Les CDN cachent typiquement le contenu statique, qui ne change pas, comme justement les images d’un site web. Cependant, les CDN ne peuvent pas ou sont plus limités en leur capacité de cacher du contenu dynamique, comme les informations concernant les stocks et les commandes d’un site de vente. Le contenu dynamique est typiquement hébergé par le site d’origine. Le site d’origine est donc sollicité, non pas par ses utilisateurs, mais par le CDN, d’une part pour du contenu statique pas encore caché et d’autre part pour le contenu dynamique, qui ne peut pas être caché.

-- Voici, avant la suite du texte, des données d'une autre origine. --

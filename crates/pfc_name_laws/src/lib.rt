//! Laws of the names that declarations make. Each function does nothing: its contract is the law.
//!
//! It promises that declarations are made of a few kinds of steps, so that what each step keeps holds of every program, and that what a name
//! stands for has its heading, and is faulty only where a rule is broken. It speaks of no statement.
#![tactic(auto)]

mod laws;

pub use laws::{
    declarations_are_steps, headings_are_whole, names_are_numbered, no_name_is_faulty,
    processes_are_numbered,
};
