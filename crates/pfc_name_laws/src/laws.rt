//! The laws.
ghost use Rattle.std.specs.Prelude.{◌≡◌, false, List, [], map};
ghost use Rattle.pfc_tree.specs.Symbols.{Text};
ghost use Rattle.pfc_tree.specs.trees.Parts.{ProgramTree};
ghost use Rattle.pfc_tree.specs.forget.Parts.{forget_program};
ghost use Rattle.pfc_tree.specs.lawful.Parts.{IsLawful};
ghost use Rattle.pfc_types.specs.declared.heads.ProcessHead.{ProcessHead};
ghost use Rattle.pfc_name_laws.specs.Processes.{processes_from};
ghost use Rattle.pfc_types.specs.Blocks.{State};
ghost use Rattle.pfc_types.specs.Scopes.{Level, look};
ghost use Rattle.pfc_types.specs.rules.FaultyNames.{stands_faulty};
ghost use Rattle.pfc_types.specs.rules.Whole.{finished, broken, scopes_of};
ghost use Rattle.pfc_name_laws.specs.Reached.{Reached};
ghost use Rattle.pfc_name_laws.specs.Numbers.{AreNumbered};
ghost use Rattle.pfc_name_laws.specs.Headings.{AreHeaded};

/// What the declarations of a program make, lawful or not, is made step by step: what holds before the first declaration, and is kept by each
/// step, holds of every program.
pub fn declarations_are_steps()
    ensures { (t : ProgramTree) → Reached (finished t) }
{}

/// What a name stands for has its heading, as far as declarations have come, and so in every finished program.
pub fn names_are_numbered()
    ensures so_far { (s : State) → Reached s → AreNumbered s }
    ensures finished { (t : ProgramTree) → AreNumbered (finished t) }
{}

/// Each heading of a sub or a process has its scope, whose first names are the parameters, and each parameter has a type, as each parameter of an
/// entry has one, unless a rule is noted. A function gives a value of a simple type, and none is exported.
pub fn headings_are_whole()
    ensures so_far { (s : State) → Reached s → AreHeaded s }
    ensures finished { (t : ProgramTree) → AreHeaded (finished t) }
{}

/// A name is faulty only where a rule is noted. So in a program in which no static rule is broken no name is, whatever is in view.
pub fn no_name_is_faulty()
    ensures { (t : ProgramTree) (view : List Level) (x : Text) → broken t ≡ [] → stands_faulty (look (scopes_of t).scopes view x) ≡ false }
{}

/// The processes of a lawful program are those among its parts, in the order of the text, each with its scope.
pub fn processes_are_numbered()
    ensures { (t : ProgramTree) → IsLawful (forget_program t)
        → map (λ (head : ProcessHead). head.scope) (finished t).blocks.processes ≡ processes_from 1 t.parts }
{}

CDN ET PROTECTION CONTRE LES ATTAQUES DDOS

De par sa nature, le CDN dispose des mécanismes qui peuvent être utiles en face d’attaques par déni de service distribuée. Par exemple, un CDN dispose souvent de ressources importantes en termes de capacité réseau et de serveurs, lui permettant souvent tout simplement d’absorber une quantité plus importante de requêtes que le serveur d’origine. De plus, par les mêmes mécanismes de distribution et de routage qui lui permettent de distribuer la charge des utilisateurs, les attaques distribuées seront amenées à viser non plus une cible unique, mais une cible distribuée en fonction de la localisation de chaque source d’attaque.

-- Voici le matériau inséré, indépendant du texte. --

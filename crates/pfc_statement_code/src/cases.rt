//! The tests that lead to the arms of a `case`.
ghost use Rattle.std.specs.Prelude.{◌≡◌, ◌++◌, [], ◌∷◌, ◌+◌, true, length, OnOk, IfOk, IfErr};
ghost use Rattle.pfc_tree.specs.views.Exprs.{expr_view};
ghost use Rattle.pfc_tree.specs.views.Stmts.{arms_view};
ghost use Rattle.pfc_types.specs.rules.Constants.{constant_value};
ghost use Rattle.pfc_translation.specs.Codes.{◌⨾◌, one};
ghost use Rattle.pfc_translation.specs.Expressions.{expr_code};
ghost use Rattle.pfc_translation.specs.Statements.{label_of, label_count};
ghost use Rattle.pfc_emit.specs.declared.emitter.EmitFault.TheVariants.{Full, Memory as NoMemory};
ghost use Rattle.pfc_addresses.specs.Sites.{site_view};
ghost use Rattle.pfc_expression_code.specs.Putting.{IsMade, IsTooLarge};
ghost use Rattle.pfc_statement_code.specs.Arms as arms;
ghost use Rattle.pfc_statement_code.specs.Leading as leading;

use crate::jumps::lead_all;
use crate::marks::Marks;
use pfc_addresses::Site;
use pfc_code::Instr;
use pfc_emit::EmitFault;
use pfc_expression_code::Coder;
use pfc_phrases::constant_value;
use pfc_tree::{CaseArm, Constant, Expr};

/// The ordinal of a label.
fn label_of(l: &Constant, site: Site) -> i32
    ensures { result ≡ label_of (constant_value (site_view site.entry).env.state.blocks.scopes (site_view site.entry).env.view l.now) }
{
    let env = site.env();
    match constant_value(l, env.scopes, env.view) {
        Some(label) => label.value,
        None => 0,
    }
}

/// The test of a label, which leads nowhere yet.
fn label_test(l: &Constant, site: Site) -> Instr
    ensures { result ≡ Instr.CEQ (label_of (constant_value (site_view site.entry).env.state.blocks.scopes (site_view site.entry).env.view l.now)) 0 }
{
    Instr::CEQ(label_of(l, site), 0)
}

/// A test for each label, which leads nowhere yet.
fn labels(ls: &[Constant], site: Site, code: &mut Coder) -> Result<(), EmitFault>
    ensures code { OnOk result (IsMade (arms.open_labels (site_view site.entry) ls.now) code.old code.new) }
    ensures large { IfErr result (λ fault. fault ≡ Full → IsTooLarge (arms.open_labels (site_view site.entry) ls.now) code.old) }
{
    for l in ls {
        code.put(label_test(l, site), site)?;
    }
    Ok(())
}

/// The tests of all labels, which lead nowhere yet.
fn all_labels(all: &[CaseArm], site: Site, code: &mut Coder) -> Result<(), EmitFault>
    ensures code { OnOk result (IsMade (arms.open_tests (site_view site.entry) (arms_view all.now)) code.old code.new) }
    ensures large { IfErr result (λ fault. fault ≡ Full → IsTooLarge (arms.open_tests (site_view site.entry) (arms_view all.now)) code.old) }
{
    for a in all {
        labels(&a.labels, site, code)?;
    }
    Ok(())
}

/// What stands before the arms of a `case`: the value, the tests of its labels, which lead nowhere yet, and the fault behind them. Gives
/// the address of the first test.
pub(crate) fn tests(
    e: &Expr,
    all: &[CaseArm],
    site: Site,
    code: &mut Coder,
) -> Result<u32, EmitFault>
    ensures code { OnOk result (IsMade (expr_code (site_view site.entry) (expr_view e.now)
        ⨾ (arms.open_tests (site_view site.entry) (arms_view all.now) ⨾ one (site_view site.entry) Instr.CERR)) code.old code.new) }
    ensures address { IfOk result (λ first. length code.new.code ≡ first + label_count (arms_view all.now) + 1) }
    ensures large { IfErr result (λ fault. fault ≡ Full → IsTooLarge (expr_code (site_view site.entry) (expr_view e.now)
        ⨾ (arms.open_tests (site_view site.entry) (arms_view all.now) ⨾ one (site_view site.entry) Instr.CERR)) code.old) }
{
    code.expr(e, site)?;
    let first = code.here();
    all_labels(all, site, code)?;
    code.put(Instr::CERR, site)?;
    Ok(first)
}

/// The tests of labels, of which the first stands at an address, lead to a target. Gives the address behind them.
#[tactic(auto, using(crate::proofs::Arms::kept, std::proofs::lemmas::Grind::common_steps))]
fn lead_labels(ls: &[Constant], first: u32, target: u32, code: &mut Coder) -> u32
    requires { arms.have_labels code.old.code first ls.now ≡ true }
    ensures code { code.new ≡ record code.old { code = arms.labels_led code.old.code first ls.now target } }
    ensures next { result ≡ first + length ls.now }
{
    let _count = code.here();
    let mut at = first;
    for _ in ls {
        code.lead(at, target);
        at += 1;
    }
    at
}

/// The tests of the labels of arms, of which the first stands at an address, lead to the arms, which begin at these addresses.
#[tactic(auto, using(crate::proofs::Arms::tests_none))]
pub(crate) fn lead_tests(all: &[CaseArm], first: u32, starts: &[u32], code: &mut Coder)
    requires { arms.have_tests code.old.code first (arms_view all.now) ≡ true }
    ensures { code.new ≡ record code.old { code = arms.tests_led code.old.code first (arms_view all.now) starts.now } }
{
    let mut at = first;
    let mut n = 0;
    for a in all {
        if n == starts.len() {
            return;
        }
        at = lead_labels(&a.labels, at, starts[n], code);
        n += 1;
    }
}

/// The arms of a `case` are put, whose tests stand from an address on: the tests lead to the arms, and the jumps behind the arms lead to
/// what is put next.
pub(crate) fn lead_arms(all: &[CaseArm], first: u32, marks: &Marks, code: &mut Coder)
    requires tests { arms.have_tests code.old.code first (arms_view all.now) ≡ true }
    requires ends { leading.have_all code.old.code marks.now.ends.items ≡ true }
    ensures { code.new ≡ record code.old {
      code = leading.all_led
          (arms.tests_led code.old.code first (arms_view all.now) marks.now.starts.items) marks.now.ends.items (length code.old.code);
    } }
{
    lead_tests(all, first, &marks.starts, code);
    lead_all(&marks.ends, code);
}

« THE DEVIL IS IN THE DETAILS »

Par contre, malgré ces couches de protection utiles, le fonctionnement même d’un CDN peut ouvrir de nouveaux vecteurs d’attaque ou rendre la défense du serveur d’origine plus difficile. Par exemple, si une attaque, faisant usage d’un botnet, sollicite un site web pour des ressources non-existantes, et donc non-cachées, cela peut amener le CDN à solliciter à son tour le serveur d’origine à répétition pour ces ressources et provoquer une condition de déni de service pour le serveur d’origine. En plus, l’attaque vue par le serveur d’origine n’est plus distribuée, mais en provenance du CDN ! Dans cette situation, il peut être difficile au serveur d’origine de se protéger car le CDN est en même temps l’origine de l’attaque et des requêtes légitimes: Des approches simples s’appuyant sur le blacklisting des sources au niveau du serveur d’origine ne peuvent plus être utilisées dans ce cas.

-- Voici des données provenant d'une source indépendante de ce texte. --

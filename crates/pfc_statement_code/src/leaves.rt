//! Statements that have no other in them.
ghost use Rattle.std.specs.Prelude.{◌≡◌, OnOk, IfOk, IfErr};
ghost use Rattle.pfc_tree.specs.views.Exprs.{expr_view, desig_view, actuals_view};
ghost use Rattle.pfc_types.specs.Scopes.{meaning_of};
ghost use Rattle.pfc_types.specs.rules.Expressions.{find};
ghost use Rattle.pfc_translation.specs.Calls.{call_code, requeue_code};
ghost use Rattle.pfc_translation.specs.Selects.{send_code, receive_code};
ghost use Rattle.pfc_translation.specs.Sites.{at_line};
ghost use Rattle.pfc_translation.specs.Statements.{assign_code};
ghost use Rattle.pfc_emit.specs.declared.emitter.EmitFault.TheVariants.{Full};
ghost use Rattle.pfc_addresses.specs.Sites.{site_view};
ghost use Rattle.pfc_expression_code.specs.Putting.{IsMade, IsTooLarge};

use crate::positions::Position;
use pfc_base::{Name, Place};
use pfc_emit::EmitFault;
use pfc_expression_code::Coder;
use pfc_tree::{Actual, Desig, Expr};

/// `d := e`
pub(crate) fn assign(
    d: &Desig,
    e: &Expr,
    place: Place,
    from: Position,
    code: &mut Coder,
) -> Result<u32, EmitFault>
    ensures code { OnOk result (IsMade (assign_code (at_line (site_view from.entry.site) place.line) (desig_view d.now) (expr_view e.now))
        code.old code.new) }
    ensures next { IfOk result (λ n. n ≡ from.entry.next) }
    ensures large { IfErr result (λ fault. fault ≡ Full →
        IsTooLarge (assign_code (at_line (site_view from.entry.site) place.line) (desig_view d.now) (expr_view e.now)) code.old) }
{
    pfc_call_code::assign(d, e, from.site.at(place.line), code)?;
    Ok(from.next)
}

/// `d ! e`
pub(crate) fn send(
    d: &Desig,
    e: &Expr,
    place: Place,
    from: Position,
    code: &mut Coder,
) -> Result<u32, EmitFault>
    ensures code { OnOk result (IsMade (send_code (at_line (site_view from.entry.site) place.line) (desig_view d.now) (expr_view e.now))
        code.old code.new) }
    ensures next { IfOk result (λ n. n ≡ from.entry.next) }
    ensures large { IfErr result (λ fault. fault ≡ Full →
        IsTooLarge (send_code (at_line (site_view from.entry.site) place.line) (desig_view d.now) (expr_view e.now)) code.old) }
{
    pfc_call_code::send(d, e, from.site.at(place.line), code)?;
    Ok(from.next)
}

/// `d ? v`
pub(crate) fn receive(
    d: &Desig,
    v: &Desig,
    place: Place,
    from: Position,
    code: &mut Coder,
) -> Result<u32, EmitFault>
    ensures code { OnOk result (IsMade (receive_code (at_line (site_view from.entry.site) place.line) (desig_view d.now) (desig_view v.now))
        code.old code.new) }
    ensures next { IfOk result (λ n. n ≡ from.entry.next) }
    ensures large { IfErr result (λ fault. fault ≡ Full →
        IsTooLarge (receive_code (at_line (site_view from.entry.site) place.line) (desig_view d.now) (desig_view v.now)) code.old) }
{
    pfc_call_code::receive(d, v, from.site.at(place.line), code)?;
    Ok(from.next)
}

/// `d (args)`
pub(crate) fn call(
    d: &Desig,
    args: &[Actual],
    place: Place,
    from: Position,
    code: &mut Coder,
) -> Result<u32, EmitFault>
    ensures code { OnOk result (IsMade (call_code (at_line (site_view from.entry.site) place.line) (desig_view d.now) (actuals_view args.now))
        code.old code.new) }
    ensures next { IfOk result (λ n. n ≡ from.entry.next) }
    ensures large { IfErr result (λ fault. fault ≡ Full →
        IsTooLarge (call_code (at_line (site_view from.entry.site) place.line) (desig_view d.now) (actuals_view args.now)) code.old) }
{
    pfc_call_code::call(d, args, from.site.at(place.line), code)?;
    Ok(from.next)
}

/// `requeue name (args)`
pub(crate) fn requeue(
    name: &Name,
    args: &[Actual],
    place: Place,
    from: Position,
    code: &mut Coder,
) -> Result<u32, EmitFault>
    ensures code { OnOk result (IsMade (requeue_code (at_line (site_view from.entry.site) place.line)
        (meaning_of (find (site_view from.entry.site).env name.now)) (actuals_view args.now)) code.old code.new) }
    ensures next { IfOk result (λ n. n ≡ from.entry.next) }
    ensures large { IfErr result (λ fault. fault ≡ Full →
        IsTooLarge (requeue_code (at_line (site_view from.entry.site) place.line)
        (meaning_of (find (site_view from.entry.site).env name.now)) (actuals_view args.now)) code.old) }
{
    pfc_call_code::requeue(name, args, from.site.at(place.line), code)?;
    Ok(from.next)
}
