//! Jumps. One that leads on leads nowhere at first, and is led when the code that it passes is put.
ghost use Rattle.std.specs.Prelude.{◌≡◌, ◌+◌, ◌<◌, true, length, OnOk, IfOk, IfErr};
ghost use Rattle.pfc_tree.specs.views.Exprs.{expr_view};
ghost use Rattle.pfc_translation.specs.Codes.{◌⨾◌, one, over};
ghost use Rattle.pfc_translation.specs.Expressions.{expr_code};
ghost use Rattle.pfc_emit.specs.Patches.{has_address_at, patched};
ghost use Rattle.pfc_emit.specs.declared.emitter.EmitFault.TheVariants.{Full};
ghost use Rattle.pfc_addresses.specs.Sites.{site_view};
ghost use Rattle.pfc_expression_code.specs.Putting.{IsMade, IsTooLarge};
ghost use Rattle.pfc_statement_code.specs.Forms as forms;
ghost use Rattle.pfc_statement_code.specs.Leading as leading;

use pfc_addresses::Site;
use pfc_base::Name;
use pfc_code::Instr;
use pfc_emit::EmitFault;
use pfc_expression_code::Coder;
use pfc_tree::Expr;

/// A condition, and the jump where it is false, which leads nowhere yet. Gives the address of the jump.
pub(crate) fn test(e: &Expr, site: Site, code: &mut Coder) -> Result<u32, EmitFault>
    ensures code { OnOk result (IsMade (expr_code (site_view site.entry) (expr_view e.now) ⨾ one (site_view site.entry) (Instr.JF 0)) code.old code.new) }
    ensures address { IfOk result (λ at. length code.new.code ≡ at + 1) }
    ensures large { IfErr result (λ fault. fault ≡ Full →
        IsTooLarge (expr_code (site_view site.entry) (expr_view e.now) ⨾ one (site_view site.entry) (Instr.JF 0)) code.old) }
{
    code.expr(e, site)?;
    let at = code.place(Instr::JF(0), site)?;
    Ok(at)
}

/// The instruction at an address leads to what is put next.
pub(crate) fn lead_here(at: u32, code: &mut Coder)
    requires { has_address_at code.old.code at ≡ true }
    ensures { code.new ≡ record code.old { code = patched code.old.code at (length code.old.code) } }
{
    let target = code.here();
    code.lead(at, target);
}

/// The instruction at an address leads to what stands behind the instruction that is put next.
pub(crate) fn lead_past(at: u32, code: &mut Coder)
    requires { has_address_at code.old.code at ≡ true }
    ensures { code.new ≡ record code.old { code = patched code.old.code at (length code.old.code + 1) } }
{
    let target = code.here() + 1;
    code.lead(at, target);
}

/// The instructions at these addresses lead to what is put next.
#[tactic(auto, using(crate::proofs::Leading::kept, std::proofs::lemmas::Grind::common_steps))]
pub(crate) fn lead_all(ats: &[u32], code: &mut Coder)
    requires { leading.have_all code.old.code ats.now ≡ true }
    ensures { code.new ≡ record code.old { code = leading.all_led code.old.code ats.now (length code.old.code) } }
{
    let here = code.here();
    for at in ats {
        code.lead(*at, here);
    }
}

/// The direction of a `for`, by which its instructions name it: 1 where it goes down.
pub(crate) fn direction(down: bool) -> u32
    ensures { result ≡ forms.direction down }
{
    if down { 1 } else { 0 }
}

/// The variable and the bounds of a `for`, and the instruction that begins it, which leads nowhere yet. Gives its address.
pub(crate) fn begin(
    name: &Name,
    low: &Expr,
    down: bool,
    high: &Expr,
    site: Site,
    code: &mut Coder,
) -> Result<u32, EmitFault>
    ensures code { OnOk result (IsMade
        (forms.range (site_view site.entry) name.now (expr_view low.now) (expr_view high.now)
        ⨾ one (site_view site.entry) (Instr.FORB (forms.direction down) 0)) code.old code.new) }
    ensures address { IfOk result (λ at. length code.new.code ≡ at + 1) }
    ensures few { IfOk result (λ at. at < 200000) }
    ensures large { IfErr result (λ fault. fault ≡ Full → IsTooLarge
        (forms.range (site_view site.entry) name.now (expr_view low.now) (expr_view high.now)
        ⨾ one (site_view site.entry) (Instr.FORB (forms.direction down) 0)) code.old) }
{
    range(name, low, high, site, code)?;
    let at = code.place(Instr::FORB(direction(down), 0), site)?;
    Ok(at)
}

/// The address of the variable of a `for`, and its bounds.
fn range(
    name: &Name,
    low: &Expr,
    high: &Expr,
    site: Site,
    code: &mut Coder,
) -> Result<(), EmitFault>
    ensures code { OnOk result (IsMade
        (forms.range (site_view site.entry) name.now (expr_view low.now) (expr_view high.now))
        code.old code.new) }
    ensures large { IfErr result (λ fault. fault ≡ Full → IsTooLarge
        (forms.range (site_view site.entry) name.now (expr_view low.now) (expr_view high.now))
        code.old) }
{
    code.put(site.base(name).instr, site)?;
    code.expr(low, site)?;
    code.expr(high, site)?;
    Ok(())
}

/// What stands behind the statements of a `repeat` that begin at an address: the condition, NOT, JF, TURN.
pub(crate) fn turn_until(
    e: &Expr,
    start: u32,
    site: Site,
    code: &mut Coder,
) -> Result<(), EmitFault>
    ensures code { OnOk result (IsMade (expr_code (site_view site.entry) (expr_view e.now) ⨾ one (site_view site.entry) Instr.NOT
        ⨾ over (site_view site.entry) Instr.JF 1 ⨾ one (site_view site.entry) (Instr.TURN start)) code.old code.new) }
    ensures large { IfErr result (λ fault. fault ≡ Full →
        IsTooLarge (expr_code (site_view site.entry) (expr_view e.now) ⨾ one (site_view site.entry) Instr.NOT
        ⨾ over (site_view site.entry) Instr.JF 1 ⨾ one (site_view site.entry) (Instr.TURN start)) code.old) }
{
    code.expr(e, site)?;
    code.put(Instr::NOT, site)?;
    let behind = code.here() + 2;
    code.put(Instr::JF(behind), site)?;
    code.put(Instr::TURN(start), site)?;
    Ok(())
}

D’autre part, il ne faut pas oublier que les protections fournies par le CDN ne couvrent que le contenu caché. Le serveur d’origine, ainsi que plus généralement, l’entreprise à qui le site appartient, aura probablement besoin d’une connectivité fonctionnelle. Au-delà du serveur d’origine qui doit pouvoir fournir le contenu non-caché et dynamique pour le CDN, le service aura peut-être besoin d’interagir avec d’autres sites, l’entreprise de pouvoir envoyer et réceptionner des emails, ses équipes d’accéder aux services de Voix sur IP ou de se connecter à Internet d’une manière générale pour accéder à des services cloud comme Google GSuite ou Microsoft Office 365. Tout cela nécessite que des services on-site ou à minima l’accès Internet de l’entreprise, qui ne peuvent pas être protégés par un CDN, continuent à fonctionner.

De plus, en fonction du CDN, les protections fournies peuvent être limitées aux protections de type volumétriques, alors que des attaques applicatives plus sophistiquées risquent de traverser le CDN et d’atteindre le site d’origine. En somme, la situation est souvent bien plus complexe qu’imaginée au premier abord.

CONCLUSION

Premièrement, il est important de bien comprendre le fonctionnement, pas seulement de son site Internet, mais de son entreprise dans sa globalité et d’effectuer une analyse de risque pour identifier les différentes menaces.

Ensuite, selon les risques impliquant la disponibilité et/ou la qualité de service des communications, des services réseau et/ou des applications, il peut être utile de s’appuyer sur des fonctionnalités de protection fournies par son CDN – potentiellement plus capables pour des grosses attaques volumétriques – ou utiliser des protections plutôt de type « On-Premise », potentiellement plus précises et capables pour des attaques applicatives. Souvent une protection optimale implique une protection hybride, combinant la précision et rapidité d’une solution « On-Premise », avec des capacités volumétriques suffisamment élevés proposées par un fournisseur de service de mitigation. Dans certains cas le CDN peut-être un composant adapté, dans d’autres vous aurez besoin d’une capacité de protection volumétrique importante capable aussi à protéger votre site local.